Open Cervator opened 8 years ago

Cervator commented 8 years ago

As noted in #2494 whitelisting the entire java.awt package may be overkill and sneaky things could exist in there that could be a security risk for the module sandbox. We also probably don't need most of it. Packages java.awt.geom and java.awt.image are also whitelisted but might be less trouble.

Two ways to approach:

  1. Go through the java.awt package and look for scary classes (anything that allows file or socket access, that sort of thing). If there are no dubious classes we're probably OK and this could be closed
  2. Simply take off the java.awt package, see what happens! Likely the game will crash with a ClassNotFound style error. Add that one class instead (to the CLASSES list instead of the PACKAGES list), rinse, repeat.

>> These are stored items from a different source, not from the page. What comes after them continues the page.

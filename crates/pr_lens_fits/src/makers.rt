//! Which equation makes a unit.

ghost use Rattle.std.specs.Prelude.{◌≡◌, ◌<◌, ◌↔◌, ◌&&◌, IsTrue, nat_lt, slice_index, vec_len};
ghost use Rattle.pr_flat.specs.Flats.{equations_of};
ghost use Rattle.pr_flat.specs.Shape.{equation_shape};
ghost use Rattle.pr_flat.specs.Widths.{operand_width, forms_in};
ghost use Rattle.pr_cut_units.specs.Counts.{body_count, one_where};
ghost use Rattle.pr_cut_units.specs.Equations.{first_unit};
ghost use Rattle.pr_cut_units.specs.Flats.{flat_plan};
ghost use Rattle.pr_cut_plan.specs.Plans.{IsPlanOf};
ghost use Rattle.pr_lens_fits.specs.Makers.{HasBegun, IsMaker};

use pr_cut_plan::CutPlan;
use pr_flat::{Equation, Flat, Operand};
use pr_width::{Widths, operand_width};

/// The width of an equation; 0 where there is none.
pub fn width_at(widths: &Widths, number: usize) -> u8
    ensures { result ≡ slice_index widths.now number }
{
    widths.of.get(number).copied().unwrap_or(0)
}

/// The width of an operand.
fn width_of(widths: &Widths, operand: Operand) -> u8
    ensures { result ≡ operand_width widths.now operand }
{
    match operand {
        Operand::Const(_) => operand_width(operand, &widths.of),
        Operand::Eq(equation) => width_at(widths, equation as usize),
        Operand::Past { rec, k: _ } => width_at(widths, rec as usize),
    }
}

/// How many units widen an operand that is read so: 1 or none.
fn widened(signed: bool, width: u8, to: u8) -> u32
    ensures { result ≡ one_where (signed && nat_lt width to) }
{
    if signed && width < to { 1 } else { 0 }
}

/// How many units widen the body of a recurrence to a width.
fn widening(widths: &Widths, equation: &Equation, to: u8) -> u32
    ensures { result ≡ body_count to (forms_in widths.now (equation_shape equation.now)) }
{
    if equation.args.len().min(equation.kinds.len()) != 1 {
        return 0;
    }
    let signed = equation.kinds[0];
    let operand = equation.args[0];
    widened(signed, width_of(widths, operand), to)
}

/// The first unit of an equation.
pub fn first_unit(flat: &Flat, widths: &Widths, plan: &CutPlan, number: usize) -> u32
    requires plan { IsPlanOf plan.now (equations_of flat.now) widths.now flat.now.outputs.items }
    requires there { number < vec_len flat.now.equations }
    ensures { result ≡ first_unit (flat_plan flat.now widths.now) number }
{
    // The unit that widens the body of a recurrence stands before its hold units.
    let before = widening(widths, &flat.equations[number], width_at(widths, number));
    plan.hold_units[number].saturating_sub(before)
}

/// Whether an equation has units, the first of which is not behind this one.
fn has_begun(flat: &Flat, widths: &Widths, plan: &CutPlan, number: usize, unit: u32) -> bool
    requires plan { IsPlanOf plan.now (equations_of flat.now) widths.now flat.now.outputs.items }
    requires there { number < vec_len flat.now.equations }
    ensures { IsTrue result ↔ HasBegun (flat_plan flat.now widths.now) unit number }
{
    plan.reached[number] && first_unit(flat, widths, plan, number) <= unit
}

/// The equation that makes the unit of this number: the last one with units whose first unit is not behind it.
pub fn unit_equation(flat: &Flat, widths: &Widths, plan: &CutPlan, unit: u32) -> usize
    requires { IsPlanOf plan.now (equations_of flat.now) widths.now flat.now.outputs.items }
    ensures { IsMaker (flat_plan flat.now widths.now) unit result }
{
    let mut found = 0;
    for number in 0..flat.equations.len() {
        if has_begun(flat, widths, plan, number, unit) {
            found = number;
        }
    }
    found
}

To fully exercise modules potentially using AWT may have to try a few sets of modules (JoshariasSurvival, LightAndShadow, GooeysQuests, MedievalCities). Can run the game itself from source but copy in all modules from a game zip into /modules (except the few that are bundled with the engine) to test more easily.

Since that process is more about playing the game till it crashes this might not be too hard to test out some. At least option 2. And we need some more proper testers anyway, this could be good practice! :-)

Whitelist is edited in ExternalApiWhitelist.java

engiValk commented 7 years ago

So, AWT has a huge amount of files and also calls the use of A LOT of different .jar files. Notably the security ones. While from what I've seen it does look fairly safe, its probably not worth the risk, it uses over 2000 files alone. Its very likely something we don't want can slip through the cracks.

I am still working through it to find any holes that I can but it will take a long time, I'd personally recommended just white listing what we need, or, at least be very careful up until the point I can review everything and give a more direct answer, but that could take about a month of me reading it all.

Cervator commented 7 years ago

Thanks for the initial look @engiValk :-)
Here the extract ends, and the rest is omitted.